I was unaware of the fourth color cone tetrachromats...neat. Thanks. pete

Well, you can, but it gets a bit too heavy to wear on the helmet! The act of flying an airplane low-level, however, is too exacting to be fiddling with dash-mounted displays.

A helmet mounted display suitable for the system I describe can be made far lighter and less bulky than a direct-view image intensifier, and can display anything without adding mass or bulk to the headgear.

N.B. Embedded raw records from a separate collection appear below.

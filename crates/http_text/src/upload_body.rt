// An unfinished upload, as JSON.
ghost use Rattle.std.specs.Prelude.{Ok};
ghost use Rattle.office_types.specs.declared.reply.Reply.TheVariants.{UploadShown};
ghost use Rattle.http_text.specs.Bodies.{parts_text};
ghost use Rattle.http_text.specs.Parts.{upload_part};
ghost use Rattle.http_text.specs.Replies.{body_text};
ghost use Rattle.http_text.specs.Room.{Puts};

use crate::members::{put_moment, put_text, put_whole};
use crate::room::{put, put_quoted};
use crate::tag_body::{put_comma, put_tags};
use std::collections::BTreeMap;
use uploads::{Part, Upload};

fn put_part(room: &mut [u8], at: usize, later: bool, number: u32, part: &Part) -> usize
    ensures { Puts room.old at room.new result (upload_part later (number, part.now)) }
{
    let at = put_comma(room, at, later);
    let at = put_whole(room, at, b"{\"part\":", u64::from(number));
    let at = put_whole(room, at, b",\"size\":", part.size);
    put(room, at, b"}")
}

fn put_parts(room: &mut [u8], at: usize, parts: &BTreeMap<u32, Part>) -> usize
    ensures { Puts room.old at room.new result (parts_text parts.now.entries) }
{
    let mut at = put(room, at, b"[");
    let mut later = false;
    for (number, part) in parts.iter() {
        at = put_part(room, at, later, *number, part);
        later = true;
    }
    put(room, at, b"]")
}

/// Writes an unfinished upload, its parts by their numbers.
///
/// Cost: a pass over the parts; no memory.
pub(crate) fn put_upload(room: &mut [u8], at: usize, number: u64, upload: &Upload) -> usize
    ensures { Puts room.old at room.new result (body_text (Ok (UploadShown number upload.now))) }
{
    let at = put_text(room, at, b"{\"class\":", upload.class().name());
    let at = put(room, at, b",\"key\":");
    let at = put_quoted(room, at, upload.key().bytes());
    let at = put(room, at, b",\"parts\":");
    let at = put_parts(room, at, upload.parts());
    let at = put_moment(room, at, b",\"started\":", upload.started().ms());
    let at = put(room, at, b",\"tags\":");
    let at = put_tags(room, at, upload.tags());
    let at = put_whole(room, at, b",\"upload\":", number);
    put(room, at, b"}")
}
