// Replies, printed into a room or into memory.
ghost use Rattle.std.specs.Prelude.{◌≡◌, ◌<◌, ◌≤◌, ◌^◌, ◌++◌, true, false, [], length, unwrap_or, Ok, IfOk};
ghost use Rattle.http.specs.StatusCode.{reason_phrase};
ghost use Rattle.office_types.specs.Fits.{AnswerFits};
ghost use Rattle.office_types.specs.declared.reply.Reply.TheVariants.{RulesShown, Report};
ghost use Rattle.office_types.specs.Reports.{charges};
ghost use Rattle.http_text.specs.Replies.{answer_text, body_text, head_text, head_with};
ghost use Rattle.http_text.specs.Replies.{refusal_status, reply_status, status_of};
ghost use Rattle.http_text.specs.Room.{Puts};
ghost use Rattle.http_text.specs.Shorts.{IsInParts, IsShort, IsShortReply};

use crate::body::put_body;
use crate::room::{put, put_number};
use http::StatusCode;
use office_base::NoMemory;
use office_types::{Refusal, Reply, ReportLine};
use rules_core::RuleSet;
use rules_json::print_rules;
use std::alloc::Global;
use usage_report::report_csv;

fn reply_status(reply: &Reply) -> StatusCode
    ensures { result ≡ reply_status reply.now }
{
    match reply {
        Reply::BucketMade { .. } | Reply::Stored { .. } | Reply::UploadStarted { .. } => {
            StatusCode::CREATED
        }
        _ => StatusCode::OK,
    }
}

fn refusal_status(refusal: &Refusal) -> StatusCode
    ensures { result ≡ refusal_status refusal.now }
{
    match refusal {
        Refusal::NoSuchBucket
        | Refusal::NoRules
        | Refusal::NoSuchKey
        | Refusal::NoSuchVersion
        | Refusal::NoSuchUpload => StatusCode::NOT_FOUND,
        Refusal::BucketExists
        | Refusal::NotEnabledBefore
        | Refusal::IsMarker
        | Refusal::BadPart
        | Refusal::NoParts
        | Refusal::MonthNotOver { .. }
        | Refusal::AlreadyClosed
        | Refusal::EarlierMonthOpen { .. }
        | Refusal::NoTariff
        | Refusal::DueActions { .. }
        | Refusal::ClockEnd { .. }
        | Refusal::TokenReused { .. } => StatusCode::CONFLICT,
        Refusal::Full { .. } => StatusCode::INSUFFICIENT_STORAGE,
        Refusal::NoMemory => StatusCode::INTERNAL_SERVER_ERROR,
    }
}

fn status(answer: &Result<Reply, Refusal>) -> StatusCode
    ensures { result ≡ status_of answer.now }
{
    match answer {
        Ok(reply) => reply_status(reply),
        Err(refusal) => refusal_status(refusal),
    }
}

/// The phrase of a status; empty if it has none.
fn phrase(status: StatusCode) -> &'static str
    ensures { result.now ≡ unwrap_or (reason_phrase status) [] }
{
    match status.canonical_reason() {
        Some(phrase) => phrase,
        None => "",
    }
}

fn put_head_with(room: &mut [u8], at: usize, media: &str, status: StatusCode, size: usize) -> usize
    ensures { Puts room.old at room.new result (head_with media.now status size) }
{
    let at = put(room, at, b"HTTP/1.1 ");
    let at = put_number(room, at, u64::from(status.as_u16()));
    let at = put(room, at, b" ");
    let at = put(room, at, phrase(status).as_bytes());
    let at = put(room, at, b"\r\ncontent-type: ");
    let at = put(room, at, media.as_bytes());
    let at = put(room, at, b"\r\ncontent-length: ");
    let at = put_number(room, at, size as u64);
    put(room, at, b"\r\n\r\n")
}

/// Writes the head of a reply with a JSON body of `size` bytes, and returns the index after it.
#[tactic(auto, unfolding(crate::specs::Replies::head_text))]
pub fn put_head(room: &mut [u8], at: usize, status: StatusCode, size: usize) -> usize
    ensures { Puts room.old at room.new result (head_text status size) }
{
    put_head_with(room, at, "application/json", status, size)
}

// Writes a reply whose body is a finished text.
fn put_text_reply(room: &mut [u8], media: &str, body: &[u8]) -> usize
    ensures { Puts room.old 0 room.new result (head_with media.now 200 (length body.now) ++ body.now) }
{
    let at = put_head_with(room, 0, media, StatusCode::OK, body.len());
    put(room, at, body)
}

// The number of bytes of a body.
#[tactic(auto, using(crate::proofs::Whole::counted, crate::proofs::Whole::short_in_parts))]
fn size_of(answer: &Result<Reply, Refusal>) -> usize
    requires fits { AnswerFits answer.now }
    requires short { IsShort answer.now }
    ensures same { result ≡ length (body_text answer.now) }
    ensures small { length (body_text answer.now) ≤ 16_000 }
{
    put_body(&mut [], 0, answer)
}

/// Whether the reply to an answer always fits in 16,384 bytes. This holds for refusals and replies to commands. Of the
/// replies to queries it holds for a bucket, its meters of at most six classes, and the lifecycle action that is due.
pub fn is_short(answer: &Result<Reply, Refusal>) -> bool
    ensures short { result ≡ true → IsShort answer.now }
    ensures long { result ≡ false → ¬ (IsShort answer.now) }
{
    match answer {
        Ok(reply) => is_short_reply(reply),
        Err(_) => true,
    }
}

fn is_short_reply(reply: &Reply) -> bool
    ensures short { result ≡ true → IsShortReply reply.now }
    ensures long { result ≡ false → ¬ (IsShortReply reply.now) }
{
    match reply {
        Reply::RulesShown { .. }
        | Reply::StackShown { .. }
        | Reply::UploadShown { .. }
        | Reply::TariffShown { .. }
        | Reply::Report { .. } => false,
        Reply::MetersShown { classes, .. } => classes.as_slice().len() <= 6,
        _ => true,
    }
}

/// Writes the reply to a short answer to the front of a room, as far as it fits, and returns the length of the reply in
/// bytes. Takes no memory; 16,384 bytes of room are always enough.
#[tactic(auto, using(crate::proofs::Whole::short_in_parts))]
pub fn put_answer(room: &mut [u8], answer: &Result<Reply, Refusal>) -> usize
    requires fits { AnswerFits answer.now }
    requires short { IsShort answer.now }
    ensures puts { Puts room.old 0 room.new result (answer_text answer.now) }
    ensures small { length (answer_text answer.now) ≤ 16384 }
{
    let at = put_head(room, 0, status(answer), size_of(answer));
    put_body(room, at, answer)
}

// Writes the reply to an answer whose body has `size` bytes.
fn put_sized(room: &mut [u8], answer: &Result<Reply, Refusal>, size: usize) -> usize
    requires fits { AnswerFits answer.now }
    requires in_parts { IsInParts answer.now }
    ensures { Puts room.old 0 room.new result (head_text (status_of answer.now) size ++ body_text answer.now) }
{
    let at = put_head(room, 0, status(answer), size);
    put_body(room, at, answer)
}

// Prints an answer from its parts: first it counts them, then it writes them.
fn print_parts(alloc: Global, answer: &Result<Reply, Refusal>) -> Result<Vec<u8>, NoMemory>
    requires fits { AnswerFits answer.now }
    requires in_parts { IsInParts answer.now }
    ensures text { IfOk result (λ v. v.items ≡ answer_text answer.now) }
{
    let size = put_body(&mut [], 0, answer);
    let whole = put_sized(&mut [], answer, size);
    let Ok(mut text) = vec![in alloc; 0u8; whole] else {
        return Err(NoMemory);
    };
    put_sized(text.as_mut_slice(), answer, size);
    Ok(text)
}

// Prints a reply whose body is a finished text.
fn print_text(alloc: Global, media: &str, body: &[u8]) -> Result<Vec<u8>, NoMemory>
    ensures text { IfOk result (λ v. v.items ≡ head_with media.now 200 (length body.now) ++ body.now) }
{
    let whole = put_text_reply(&mut [], media, body);
    let mut text = vec![in alloc; 0u8; whole]?;
    put_text_reply(text.as_mut_slice(), media, body);
    Ok(text)
}

fn print_configuration(alloc: Global, rules: &RuleSet) -> Result<Vec<u8>, NoMemory>
    ensures text { IfOk result (λ v. v.items ≡ answer_text (Ok (RulesShown rules.now))) }
{
    let body = print_rules(alloc, rules)?;
    print_text(alloc, "application/json", body.as_bytes())
}

fn print_report(alloc: Global, lines: &[ReportLine]) -> Result<Vec<u8>, NoMemory>
    requires { charges lines.now < 2 ^ 128 }
    ensures text { IfOk result (λ v. v.items ≡ answer_text (Ok (Report lines.now))) }
{
    let body = report_csv(alloc, lines)?;
    print_text(alloc, "text/csv", &body)
}

/// Prints the reply to any answer into memory of exactly its size.
///
/// Cost: two passes over what the answer holds, one to count and one to write. A lifecycle configuration and a report
/// are first printed as texts of their own, which are copied once and held beside the reply meanwhile.
///
/// # Errors
///
/// `NoMemory`: memory ran out.
pub fn print_answer(alloc: Global, answer: &Result<Reply, Refusal>) -> Result<Vec<u8>, NoMemory>
    requires fits { AnswerFits answer.now }
    ensures text { IfOk result (λ v. v.items ≡ answer_text answer.now) }
{
    match answer {
        Ok(Reply::RulesShown { rules }) => print_configuration(alloc, rules),
        Ok(Reply::Report { lines }) => print_report(alloc, lines.as_slice()),
        _ => print_parts(alloc, answer),
    }
}
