// Members of JSON objects.
ghost use Rattle.std.specs.Prelude.{◌≡◌, ◌≤◌, ◌+◌, ◌++◌, length, decimal};
ghost use Rattle.json.specs.Print.{quoted};
ghost use Rattle.moments.specs.Texts.{moment_text, two_digits};
ghost use Rattle.moments.specs.Time.{end_of_time};
ghost use Rattle.office_base.specs.Versions.{id_text};
ghost use Rattle.http_text.specs.Room.{Puts};
ghost use Rattle.http_text.specs.Json.{text_object, number_object};
ghost use Rattle.http_text.specs.Names.{month_text};

use crate::room::{put, put_number, put_quoted};
use moments::{Month, print_moment};
use office_base::VersionId;

/// Writes some bytes, and after them the text as a JSON string.
pub(crate) fn put_text(room: &mut [u8], at: usize, before: &[u8], text: &str) -> usize
    ensures { Puts room.old at room.new result (before.now ++ quoted text.now) }
{
    let at = put(room, at, before);
    put_quoted(room, at, text.as_bytes())
}

/// Writes some bytes, and after them the number.
#[tactic(auto, using(crate::proofs::Small::decimal_small))]
pub(crate) fn put_whole(room: &mut [u8], at: usize, before: &[u8], number: u64) -> usize
    ensures puts { Puts room.old at room.new result (before.now ++ decimal number) }
    ensures short { length (decimal number) ≤ 20 }
{
    let at = put(room, at, before);
    put_number(room, at, number)
}

/// Writes some bytes, and after them the moment as a JSON string.
pub(crate) fn put_moment(room: &mut [u8], at: usize, before: &[u8], ms: u64) -> usize
    requires { ms ≤ end_of_time }
    ensures { Puts room.old at room.new result (before.now ++ quoted (moment_text ms)) }
{
    let at = put(room, at, before);
    put_quoted(room, at, &print_moment(ms))
}

/// Writes some bytes, and after them the id of a version as a JSON string.
#[tactic(auto, using(crate::proofs::Small::decimal_small))]
pub(crate) fn put_id(room: &mut [u8], at: usize, before: &[u8], id: VersionId) -> usize
    ensures puts { Puts room.old at room.new result (before.now ++ quoted (id_text id)) }
    ensures short { length (id_text id) ≤ 20 }
{
    match id {
        VersionId::Null => put_text(room, at, before, "null"),
        VersionId::Number(number) => put_text(
            room,
            at,
            before,
            itoa::Buffer::new().format(number.get()),
        ),
    }
}

fn two_of(number: u16) -> [u8; 2]
    ensures { result ≡ two_digits number }
{
    [b'0' + (number / 10 % 10) as u8, b'0' + (number % 10) as u8]
}

// A month as 2024-01.
#[tactic(auto, unfolding(crate::specs::Names::month_text))]
fn print_month(month: Month) -> [u8; 7]
    ensures { result ≡ month_text month }
{
    let [y0, y1] = two_of(month.year() / 100);
    let [y2, y3] = two_of(month.year());
    let [m0, m1] = two_of(u16::from(month.month()));
    [y0, y1, y2, y3, b'-', m0, m1]
}

/// Writes some bytes, and after them the month as a JSON string.
pub(crate) fn put_month(room: &mut [u8], at: usize, before: &[u8], month: Month) -> usize
    ensures { Puts room.old at room.new result (before.now ++ quoted (month_text month)) }
{
    let at = put(room, at, before);
    put_quoted(room, at, &print_month(month))
}

/// Writes an object with one member, a text.
#[tactic(auto, using(crate::proofs::Small::text_object_small))]
pub(crate) fn put_text_object(room: &mut [u8], at: usize, name: &str, text: &str) -> usize
    ensures puts { Puts room.old at room.new result (text_object name.now text.now) }
    ensures small { length name.now + length text.now ≤ 1_000 → length (text_object name.now text.now) ≤ 16_000 }
{
    let at = put_text(room, at, b"{", name);
    let at = put_text(room, at, b":", text);
    put(room, at, b"}")
}

/// Writes an object with one member, a number.
#[tactic(auto, using(crate::proofs::Small::number_object_small))]
pub(crate) fn put_number_object(room: &mut [u8], at: usize, name: &str, number: u64) -> usize
    ensures puts { Puts room.old at room.new result (number_object name.now number) }
    ensures small { length name.now ≤ 1_000 → length (number_object name.now number) ≤ 16_000 }
{
    let at = put_text(room, at, b"{", name);
    let at = put_whole(room, at, b":", number);
    put(room, at, b"}")
}

/// Writes an object with one member, the id of a version.
#[tactic(auto, using(crate::proofs::Small::id_object_small))]
pub(crate) fn put_id_object(room: &mut [u8], at: usize, name: &str, id: VersionId) -> usize
    ensures puts { Puts room.old at room.new result (text_object name.now (id_text id)) }
    ensures small { length name.now ≤ 900 → length (text_object name.now (id_text id)) ≤ 16_000 }
{
    let at = put_text(room, at, b"{", name);
    let at = put_id(room, at, b":", id);
    put(room, at, b"}")
}

/// Writes an object with one member, a month.
#[tactic(auto, using(crate::proofs::Small::month_object_small))]
pub(crate) fn put_month_object(room: &mut [u8], at: usize, name: &str, month: Month) -> usize
    ensures puts { Puts room.old at room.new result (text_object name.now (month_text month)) }
    ensures small { length name.now ≤ 900 → length (text_object name.now (month_text month)) ≤ 16_000 }
{
    let at = put_text(room, at, b"{", name);
    let at = put_month(room, at, b":", month);
    put(room, at, b"}")
}
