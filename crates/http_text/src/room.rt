// Text that is written to the front of a slice, as far as it fits.
ghost use Rattle.std.specs.Prelude.{◌≡◌, ◌<◌, ◌≤◌, ◌^◌, length, decimal};
ghost use Rattle.std.specs.Char.{digit_char};
ghost use Rattle.json.specs.Print.{escape_letter, escape_byte, quoted};
ghost use Rattle.http_text.specs.Room.{Puts};

/// Writes a text at an index, and returns the index after it. At the end of the room it only counts.
pub fn put(room: &mut [u8], at: usize, text: &[u8]) -> usize
    ensures { Puts room.old at room.new result text.now }
{
    let end = at.saturating_add(text.len());
    if end <= room.len() && at <= end {
        room[at..end].copy_from_slice(text);
    }
    end
}

/// The length of the room, in bytes.
pub fn room_len(room: &[u8]) -> usize
    ensures value { result ≡ length room.now }
    ensures short { result < 2 ^ 63 }
{
    room.len()
}

/// Writes a number in decimal digits.
pub fn put_number(room: &mut [u8], at: usize, number: u64) -> usize
    ensures { Puts room.old at room.new result (decimal number) }
{
    put(room, at, itoa::Buffer::new().format(number).as_bytes())
}

fn hex_digit(n: u8) -> u8
    requires { n < 16 }
    ensures { result ≡ digit_char n }
{
    if n < 10 { b'0' + n } else { b'a' + (n - 10) }
}

/// The letter after a backslash that stands for a byte, or 0 if there is none.
fn escape_letter(byte: u8) -> u8
    ensures { result ≡ escape_letter byte }
{
    match byte {
        b'"' | b'\\' => byte,
        8 => b'b',
        9 => b't',
        10 => b'n',
        12 => b'f',
        13 => b'r',
        _ => 0,
    }
}

#[tactic(auto, unfolding(json::specs::Print::escape_byte))]
fn put_byte(room: &mut [u8], at: usize, byte: u8) -> usize
    ensures { Puts room.old at room.new result (escape_byte byte) }
{
    let letter = escape_letter(byte);
    if letter > 0 {
        return put(room, at, &[b'\\', letter]);
    }
    if byte < 32 {
        let escape = [
            b'\\',
            b'u',
            b'0',
            b'0',
            hex_digit(byte / 16),
            hex_digit(byte % 16),
        ];
        return put(room, at, &escape);
    }
    put(room, at, &[byte])
}

/// Writes a wide number in decimal digits.
#[tactic(auto, using(crate::proofs::Small::wide_small))]
pub fn put_wide(room: &mut [u8], at: usize, number: u128) -> usize
    ensures puts { Puts room.old at room.new result (decimal number) }
    ensures short { length (decimal number) ≤ 39 }
{
    put(room, at, itoa::Buffer::new().format(number).as_bytes())
}

/// Writes a wide number as a JSON string of its decimal digits.
#[tactic(auto, using(crate::proofs::Small::wide_small))]
pub fn put_digits(room: &mut [u8], at: usize, number: u128) -> usize
    ensures puts { Puts room.old at room.new result (quoted (decimal number)) }
    ensures short { length (decimal number) ≤ 39 }
{
    put_quoted(room, at, itoa::Buffer::new().format(number).as_bytes())
}

/// Writes a text as a JSON string.
pub fn put_quoted(room: &mut [u8], at: usize, text: &[u8]) -> usize
    ensures { Puts room.old at room.new result (quoted text.now) }
{
    let mut at = put(room, at, b"\"");
    for byte in text {
        at = put_byte(room, at, *byte);
    }
    put(room, at, b"\"")
}
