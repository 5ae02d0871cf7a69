// Tags, as JSON.
ghost use Rattle.std.specs.Prelude.{◌≡◌, ◌≤◌, length, true};
ghost use Rattle.serde_json.specs.Written.{comma_if};
ghost use Rattle.office_base.specs.Tags.{keys_rise, tag_of, tags_of};
ghost use Rattle.http_text.specs.Bodies.{tags_text};
ghost use Rattle.http_text.specs.Parts.{tag_part};
ghost use Rattle.http_text.specs.Room.{Puts};

use crate::members::put_text;
use crate::room::{put, put_quoted};
use office_base::Tags;

/// Writes a comma, if something comes before.
#[tactic(auto, using(crate::proofs::RoomLemmas::puts_nothing))]
pub(crate) fn put_comma(room: &mut [u8], at: usize, later: bool) -> usize
    ensures { Puts room.old at room.new result (comma_if later) }
{
    if later { put(room, at, b",") } else { at }
}

fn put_tag(room: &mut [u8], at: usize, later: bool, tag: &(String, String)) -> usize
    ensures { Puts room.old at room.new result (tag_part later (tag_of tag.now)) }
{
    let at = put_comma(room, at, later);
    let at = put_quoted(room, at, tag.0.as_bytes());
    put_text(room, at, b":", &tag.1)
}

fn put_pairs(room: &mut [u8], at: usize, pairs: &[(String, String)]) -> usize
    requires { keys_rise (tags_of pairs.now) ≡ true }
    ensures { Puts room.old at room.new result (tags_text (tags_of pairs.now)) }
{
    let mut at = put(room, at, b"{");
    let mut later = false;
    for tag in pairs {
        at = put_tag(room, at, later, tag);
        later = true;
    }
    put(room, at, b"}")
}

/// Writes tags as an object with a member for each.
#[tactic(auto, using(crate::proofs::PieceLemmas::tags_small))]
pub(crate) fn put_tags(room: &mut [u8], at: usize, tags: &Tags) -> usize
    ensures puts { Puts room.old at room.new result (tags_text tags.now) }
    ensures small { length (tags_text tags.now) ≤ 93_100 }
{
    put_pairs(room, at, tags.pairs())
}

Some of the first such systems were largely intended to enable nap-of-the-earth navigation at night.

The F-35 uses a helmet-mounted display and a panoramic cockpit display in a system essentially identical to what I described, it actually completely replaces the traditional HUD. There's also the Joint Helmet Mounted Cueing System being used in several different aircraft.

The F-35 uses a helmet-mounted display and a panoramic cockpit display in a system essentially identical to what I described, it actually completely replaces the traditional HUD. There's also the Joint Helmet Mounted Cueing System being used in several different aircraft.

Lightweight, not bulky (http://en.wikipedia.org/wiki/File:Integrated_Helmet_Display_Sight_System.jpg).. .

:eek:

Just kidding. Here's the real thing (http://en.wikipedia.org/wiki/File:Joint_Helmet_Mounted_Cueing_System.jpg).

So long as it's just the imaging system which is helmet mounted, that's ok. Putting the sensors up there, however, is a bit weighty.